Top of Supplied data

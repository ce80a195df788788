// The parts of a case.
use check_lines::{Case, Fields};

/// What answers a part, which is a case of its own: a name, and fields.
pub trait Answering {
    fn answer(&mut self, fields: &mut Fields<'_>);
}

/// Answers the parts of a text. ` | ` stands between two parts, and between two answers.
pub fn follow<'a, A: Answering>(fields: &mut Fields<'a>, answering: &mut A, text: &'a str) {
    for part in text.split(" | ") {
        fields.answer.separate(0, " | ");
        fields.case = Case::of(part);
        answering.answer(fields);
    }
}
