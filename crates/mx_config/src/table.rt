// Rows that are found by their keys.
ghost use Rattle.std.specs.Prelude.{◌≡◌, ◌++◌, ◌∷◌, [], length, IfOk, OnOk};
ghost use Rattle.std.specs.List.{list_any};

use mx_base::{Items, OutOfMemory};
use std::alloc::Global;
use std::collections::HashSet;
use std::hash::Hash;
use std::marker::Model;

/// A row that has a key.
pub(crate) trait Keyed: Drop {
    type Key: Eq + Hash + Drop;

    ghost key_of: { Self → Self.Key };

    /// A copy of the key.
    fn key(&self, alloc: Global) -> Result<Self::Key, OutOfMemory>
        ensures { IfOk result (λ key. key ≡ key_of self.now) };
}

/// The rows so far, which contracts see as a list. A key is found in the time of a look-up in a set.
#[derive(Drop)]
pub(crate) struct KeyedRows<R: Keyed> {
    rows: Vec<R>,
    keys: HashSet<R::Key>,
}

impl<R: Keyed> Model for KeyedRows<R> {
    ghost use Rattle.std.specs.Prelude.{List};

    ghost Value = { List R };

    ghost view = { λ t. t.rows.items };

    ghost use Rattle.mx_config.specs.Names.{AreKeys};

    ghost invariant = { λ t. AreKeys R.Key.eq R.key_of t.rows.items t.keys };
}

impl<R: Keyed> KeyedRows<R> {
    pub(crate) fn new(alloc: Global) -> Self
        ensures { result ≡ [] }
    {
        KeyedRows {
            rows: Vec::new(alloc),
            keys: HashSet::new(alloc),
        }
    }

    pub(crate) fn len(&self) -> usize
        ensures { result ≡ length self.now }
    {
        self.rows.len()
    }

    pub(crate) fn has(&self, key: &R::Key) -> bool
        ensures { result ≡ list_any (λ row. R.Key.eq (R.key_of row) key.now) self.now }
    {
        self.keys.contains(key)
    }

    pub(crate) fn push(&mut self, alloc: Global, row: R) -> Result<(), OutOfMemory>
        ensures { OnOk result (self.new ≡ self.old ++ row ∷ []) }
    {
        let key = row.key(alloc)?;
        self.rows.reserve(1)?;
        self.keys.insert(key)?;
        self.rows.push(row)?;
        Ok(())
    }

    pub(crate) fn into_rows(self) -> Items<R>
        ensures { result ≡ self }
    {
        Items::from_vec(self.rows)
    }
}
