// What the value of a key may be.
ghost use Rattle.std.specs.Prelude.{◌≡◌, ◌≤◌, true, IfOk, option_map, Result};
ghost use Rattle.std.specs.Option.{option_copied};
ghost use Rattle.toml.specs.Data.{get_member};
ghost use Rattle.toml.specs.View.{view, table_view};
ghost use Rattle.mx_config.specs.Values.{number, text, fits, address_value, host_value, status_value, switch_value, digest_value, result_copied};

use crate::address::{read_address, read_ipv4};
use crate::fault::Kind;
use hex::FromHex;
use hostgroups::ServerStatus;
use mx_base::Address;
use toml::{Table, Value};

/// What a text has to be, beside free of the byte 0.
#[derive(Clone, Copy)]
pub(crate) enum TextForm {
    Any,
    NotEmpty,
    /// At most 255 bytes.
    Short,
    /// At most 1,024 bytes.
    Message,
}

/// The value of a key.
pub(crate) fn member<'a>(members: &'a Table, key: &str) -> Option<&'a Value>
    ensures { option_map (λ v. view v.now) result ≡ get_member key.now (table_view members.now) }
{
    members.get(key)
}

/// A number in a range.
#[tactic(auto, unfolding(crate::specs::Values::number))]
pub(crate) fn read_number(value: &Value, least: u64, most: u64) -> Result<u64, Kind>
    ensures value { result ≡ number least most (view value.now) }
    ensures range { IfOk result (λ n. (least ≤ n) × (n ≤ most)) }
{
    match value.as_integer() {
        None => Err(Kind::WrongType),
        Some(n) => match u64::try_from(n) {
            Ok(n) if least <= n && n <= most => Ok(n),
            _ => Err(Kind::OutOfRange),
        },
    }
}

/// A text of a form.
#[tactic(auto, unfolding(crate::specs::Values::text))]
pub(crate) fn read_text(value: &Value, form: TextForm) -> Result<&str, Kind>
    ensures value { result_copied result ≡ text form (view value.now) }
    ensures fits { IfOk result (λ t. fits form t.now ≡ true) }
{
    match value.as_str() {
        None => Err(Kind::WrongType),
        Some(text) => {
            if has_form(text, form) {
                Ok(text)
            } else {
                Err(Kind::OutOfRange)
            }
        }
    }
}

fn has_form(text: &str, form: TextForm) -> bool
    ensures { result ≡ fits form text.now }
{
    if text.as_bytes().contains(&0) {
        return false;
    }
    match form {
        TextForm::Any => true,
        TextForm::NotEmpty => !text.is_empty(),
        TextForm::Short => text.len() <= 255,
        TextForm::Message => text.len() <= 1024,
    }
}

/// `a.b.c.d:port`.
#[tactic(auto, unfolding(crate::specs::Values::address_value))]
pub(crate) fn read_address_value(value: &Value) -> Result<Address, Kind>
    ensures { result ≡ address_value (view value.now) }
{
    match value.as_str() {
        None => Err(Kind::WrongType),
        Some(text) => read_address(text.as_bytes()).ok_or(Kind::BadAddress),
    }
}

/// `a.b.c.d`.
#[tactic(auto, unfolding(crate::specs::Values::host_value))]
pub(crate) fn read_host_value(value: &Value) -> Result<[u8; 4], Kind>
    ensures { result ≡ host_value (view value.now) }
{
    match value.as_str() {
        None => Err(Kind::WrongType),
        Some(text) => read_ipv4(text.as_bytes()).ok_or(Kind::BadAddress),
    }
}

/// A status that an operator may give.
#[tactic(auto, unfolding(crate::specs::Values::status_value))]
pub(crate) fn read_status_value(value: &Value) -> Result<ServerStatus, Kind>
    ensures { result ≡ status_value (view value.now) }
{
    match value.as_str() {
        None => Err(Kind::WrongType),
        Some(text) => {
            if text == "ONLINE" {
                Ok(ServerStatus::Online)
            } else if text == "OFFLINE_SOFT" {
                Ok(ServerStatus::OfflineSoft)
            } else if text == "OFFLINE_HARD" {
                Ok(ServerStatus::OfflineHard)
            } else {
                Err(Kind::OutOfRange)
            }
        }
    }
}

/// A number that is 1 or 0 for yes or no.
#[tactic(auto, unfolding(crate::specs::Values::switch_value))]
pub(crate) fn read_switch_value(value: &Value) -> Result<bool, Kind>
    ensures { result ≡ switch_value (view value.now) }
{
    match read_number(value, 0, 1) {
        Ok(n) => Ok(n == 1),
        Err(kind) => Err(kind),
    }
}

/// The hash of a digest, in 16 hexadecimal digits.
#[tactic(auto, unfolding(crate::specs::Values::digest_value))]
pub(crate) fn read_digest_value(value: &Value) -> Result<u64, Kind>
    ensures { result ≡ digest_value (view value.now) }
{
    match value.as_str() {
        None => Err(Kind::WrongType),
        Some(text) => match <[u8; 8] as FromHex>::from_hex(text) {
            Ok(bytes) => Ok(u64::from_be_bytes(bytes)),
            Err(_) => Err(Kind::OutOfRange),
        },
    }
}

Bottom of Supplied data

Copy exactly the lines from the top of the entries through the line with "λ t. t.rows.items" in it, please, keeping both ends and adding nothing.

Result of the task:
repository ce80a195df788788
// The parts of a case.
use check_lines::{Case, Fields};

/// What answers a part, which is a case of its own: a name, and fields.
pub trait Answering {
    fn answer(&mut self, fields: &mut Fields<'_>);
}

/// Answers the parts of a text. ` | ` stands between two parts, and between two answers.
pub fn follow<'a, A: Answering>(fields: &mut Fields<'a>, answering: &mut A, text: &'a str) {
    for part in text.split(" | ") {
        fields.answer.separate(0, " | ");
        fields.case = Case::of(part);
        answering.answer(fields);
    }
}
filename crates/mx_config/src/table.rt
// Rows that are found by their keys.
ghost use Rattle.std.specs.Prelude.{◌≡◌, ◌++◌, ◌∷◌, [], length, IfOk, OnOk};
ghost use Rattle.std.specs.List.{list_any};

use mx_base::{Items, OutOfMemory};
use std::alloc::Global;
use std::collections::HashSet;
use std::hash::Hash;
use std::marker::Model;

/// A row that has a key.
pub(crate) trait Keyed: Drop {
    type Key: Eq + Hash + Drop;

    ghost key_of: { Self → Self.Key };

    /// A copy of the key.
    fn key(&self, alloc: Global) -> Result<Self::Key, OutOfMemory>
        ensures { IfOk result (λ key. key ≡ key_of self.now) };
}

/// The rows so far, which contracts see as a list. A key is found in the time of a look-up in a set.
#[derive(Drop)]
pub(crate) struct KeyedRows<R: Keyed> {
    rows: Vec<R>,
    keys: HashSet<R::Key>,
}

impl<R: Keyed> Model for KeyedRows<R> {
    ghost use Rattle.std.specs.Prelude.{List};

    ghost Value = { List R };

    ghost view = { λ t. t.rows.items };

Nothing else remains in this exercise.